# Mossberg 500 super bantam



## jwjack7641 (Feb 4, 2013)

Guys,

I'm thinking pretty serious about getting a Super Bantam 500. 20ga with a 22" barrel. I really like the size and weight of it and love a 20 gauge. What's y'alls input? Choke/shell combo? 

Thanks in advance for any input


----------



## RoadRunner (Feb 4, 2013)

bought one last year. got a choke from sumtoy and shot federal heavy weight #7. patterned great and  it did its job on a couple of longbeards. I love it. just watch where you place your thumb on the stock it will bust your nose because the stock is so short. I learned the hard way.


----------



## jwjack7641 (Feb 4, 2013)

That's good advice lol. I appreciate that.


----------



## jwjack7641 (Feb 4, 2013)

What do you feel confident shooting out to with it?


----------



## MackUSCG (Feb 4, 2013)

RoadRunner said:


> bought one last year. got a choke from sumtoy and shot federal heavy weight #7. patterned great and  it did its job on a couple of longbeards.

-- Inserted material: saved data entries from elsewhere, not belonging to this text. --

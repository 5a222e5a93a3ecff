//! The ASCII characters that sets take, computed for all addresses in one pass.
//!
//! What a set's items take follows from the item at an address and from what the items after it take. So one pass from
//! the last word to the first computes each set, with one visit to each word. Nothing is assumed of the bytecode. The
//! result for an address holds for each set whose items begin there.

ghost use Rattle.std.specs.Prelude.{◌≡◌, ℕ, ◌+◌, ◌<◌, ◌≤◌, length, slice_range, slice_get, Some, IfOk, IfSome};
ghost use Rattle.sre_machine.specs.Terms.{Table, Charset, item_holds, Word, Opcode, contains, HoldsFor, AreTold};
ghost use Rattle.sre_machine.specs.AskedLists.{AllTold};

use sre_chars::constants::{SreCatCode, SreOpcode};
use sre_code::ascii_set::AsciiSet;
use sre_code::operands::word;
use sre_growth::Refusal;
use sre_request::words::word_at;
use std::alloc::Allocator;
use std::convert::TryFrom;

// The ASCII characters that an item of a set matches, and the address of the next item.
#[derive(Clone, Copy)]
struct Item {
    members: AsciiSet,
    next: usize,
}

// The ASCII characters whose bits are set in the words after a CHARSET.
fn ascii_bits(words: &[u32], place: usize) -> AsciiSet
    requires { place + 9 ≤ length words.now }
    ensures { (table : Table) (c : ℕ) → c < 128
        → contains result c ≡ item_holds table (Charset (slice_range words.now (place + 1) (place + 9))) c }
{
    let _length = words.len(); // a slice has few items, so no address overflows
    AsciiSet::of_bits([
        words[place + 1],
        words[place + 2],
        words[place + 3],
        words[place + 4],
    ])
}

// The item of a CHARSET, if its words exist.
fn charset(words: &[u32], place: usize) -> Option<Item>
    requires { Opcode words.now place SreOpcode.CHARSET }
    ensures { IfSome result (λ item. HoldsFor words.now place item.members item.next) }
{
    let length = words.len();
    if length < 9 || place > length - 9 {
        return None;
    }
    Some(Item {
        members: ascii_bits(words, place),
        next: place + 9,
    })
}

// The item at an address, if it is a LITERAL, a RANGE, a CATEGORY or a CHARSET whose operands exist.
fn item_at(words: &[u32], place: usize, opcode: SreOpcode) -> Option<Item>
    requires { Opcode words.now place opcode }
    ensures { IfSome result (λ item. HoldsFor words.now place item.members item.next) }
{
    let _length = words.len(); // a slice has few items, so no address overflows
    match opcode {
        SreOpcode::LITERAL => {
            let value = word_at(words, place + 1)?;
            Some(Item {
                members: AsciiSet::of_character(value),
                next: place + 2,
            })
        }
        SreOpcode::RANGE => {
            let low = word_at(words, place + 1)?;
            let high = word_at(words, place + 2)?;
            Some(Item {
                members: AsciiSet::of_range(low, high),
                next: place + 3,
            })
        }
        SreOpcode::CATEGORY => {
            let number = word_at(words, place + 1)?;
            match SreCatCode::try_from(number) {
                Ok(code) => Some(Item {
                    members: AsciiSet::of_category(code),
                    next: place + 2,
                }),
                Err(_) => None,
            }
        }
        SreOpcode::CHARSET => charset(words, place),
        _ => None,
    }
}

/// The entry of an address, if it is known.
pub(crate) fn members_at(words: &[u32], list: &[Option<AsciiSet>], place: usize) -> Option<AsciiSet>
    requires { AllTold words.now list.now }
    ensures { AreTold words.now place result }
{
    match list.get(place) {
        Some(members) => *members,
        None => None,
    }
}

// The ASCII characters of a set whose items begin at an address, from those that the items after it take.
#[tactic(auto, using(crate::proofs::ByPlace::members_laws))]
fn members(words: &[u32], list: &[Option<AsciiSet>], place: usize) -> Option<AsciiSet>
    requires there { place < length words.now }
    requires told { AllTold words.now list.now }
    ensures { AreTold words.now place result }
{
    let opcode = SreOpcode::try_from(word(words, place)).ok()?;
    match opcode {
        SreOpcode::FAILURE => Some(AsciiSet::new()),
        SreOpcode::NEGATE => {
            let others = members_at(words, list, place + 1)?;
            Some(others.complement())
        }
        _ => {
            let first = item_at(words, place, opcode)?;
            let others = members_at(words, list, first.next)?;
            Some(first.members.union(others))
        }
    }
}

/// A list of so many equal items.
pub(crate) fn filled<T: Copy + Drop, A: Allocator>(
    alloc: A,
    count: usize,
    value: T,
) -> Result<Vec<T, A>, Refusal<A>>
    ensures length { IfOk result (λ list. length list.items ≡ count) }
    ensures each { IfOk result (λ list. (i : ℕ) (x : T) → slice_get list.items i ≡ Some x → x ≡ value) }
{
    let mut list = Vec::new(alloc);
    fill(&mut list, count, value)?;
    Ok(list)
}

/// Fills a list with so many equal items, and reuses its memory.
pub(crate) fn fill<T: Copy + Drop, A: Allocator>(
    list: &mut Vec<T, A>,
    count: usize,
    value: T,
) -> Result<(), Refusal<A>>
    ensures length { IfOk result (λ _. length list.new.items ≡ count) }
    ensures each { IfOk result (λ _. (i : ℕ) (x : T) → slice_get list.new.items i ≡ Some x → x ≡ value) }
{
    list.clear();
    'item: for _item in 0..count {
        sre_growth::push(list, value)?;
    }
    Ok(())
}

/// For each address, the ASCII characters of a set whose items begin there, if they are known. They are known if each
/// item is a LITERAL, a RANGE, a CATEGORY, a CHARSET or a NEGATE.
///
/// # Errors
///
/// [`Refusal`] if an allocation fails.
pub(crate) fn set_members<A: Allocator>(
    alloc: A,
    words: &[u32],
) -> Result<Vec<Option<AsciiSet>, A>, Refusal<A>>
    ensures { IfOk result (λ list. AllTold words.now list.items) }
{
    let mut list = filled(alloc, words.len(), None)?;
    let mut place = words.len();
    'place: while place > 0 {
        place -= 1;
        list[place] = members(words, &list, place);
    }
    Ok(list)
}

I love it. just watch where you place your thumb on the stock it will bust your nose because the stock is so short. I learned the hard way.



X2 My son has the exact same set up, choke and shot.  It will hammer a bird out to 40 yards.


----------



## jwjack7641 (Feb 4, 2013)

Guys I'm liking what I'm hearing!


----------



## CivilWolf (Feb 4, 2013)

"just watch where you place your thumb on the stock it will bust your nose because the stock is so short"

If you only knew the painful memory that this brings back.  Patterning one Saturday when it happened several years ago.  Stumbled into the house with blood pouring from my nose & mouth & wife says "why do you do this to yourself?"


----------



## jwjack7641 (Feb 4, 2013)

I got my first shotgun when I was 8. A single shot 20 ga. My daddy loaded it and handed it to me and instructed me on how to cock it. Put it up to my shoulder and pulled the trigger. That dang hammer skint straight up my nose all the way up my forehead. Lol I thought I had somehow shot myself. Turned around and pops was dying laughing. Thanks dad


----------



## Gecko (Feb 5, 2013)

I got one for my boys 5 years ago.  Sweet little shotgun.  Ours shoots very well with a Pure Gold .555 and Hevi 13 Magnum Blends.


----------



## cowhornedspike (Feb 5, 2013)

Easy fix...Just put a slip-on recoil pad on it to get the LOP long enough so you won't hit your nose.


----------



## MackUSCG (Feb 5, 2013)

http://www.beartooth-products.com/shop/comb-raising-kits.html

I think what you're talking is a comb raising kit?  I have this on my boys super bantam and it lines up his POV with the scope perfect. Hope this helps.

Mack


----------



## hawglips (Feb 6, 2013)

Here's a couple 40 yd patterns from a Mossberg Super Bantam


----------



## cowhornedspike (Feb 6, 2013)

MackUSCG said:


> http://www.beartooth-products.com/shop/comb-raising-kits.html
> 
> I think what you're talking is a comb raising kit?  I have this on my boys super bantam and it lines up his POV with the scope perfect. Hope this helps.
> 
> Mack



No. Although that might be a good addition also I was talking about a slip-on recoil pad to increase the length of the stock to make the youth gun fit an adult better.


----------



## coonhunter1985 (Feb 6, 2013)

I just bought my son one to turkey hunt with too. great little guns for the money. he loves to shoot it. His came with a stock extension that bolts on to the guns to make the stock longer


----------



## MackUSCG (Feb 7, 2013)

coonhunter1985 said:


> I just bought my son one to turkey hunt with too. great little guns for the money. he loves to shoot it. His came with a stock extension that bolts on to the guns to make the stock longer



Yep I had to do that for him last year.  As far as those patterns look in the above pictures they are spot on to what mine shoots with that Sumtoy and the Fed HW #7's.  This gun is also perfect for Dad on those hot days too! LOL! No sense carrying extra weight when its a hot one out!


----------



## Nannyman (Feb 7, 2013)

New SB 500 come from the factory with LOP adjustments. No need to worry about stock being too short.


----------



## BirdNut (Feb 7, 2013)

X2 on the pure gold .555 and Fed HW #7's.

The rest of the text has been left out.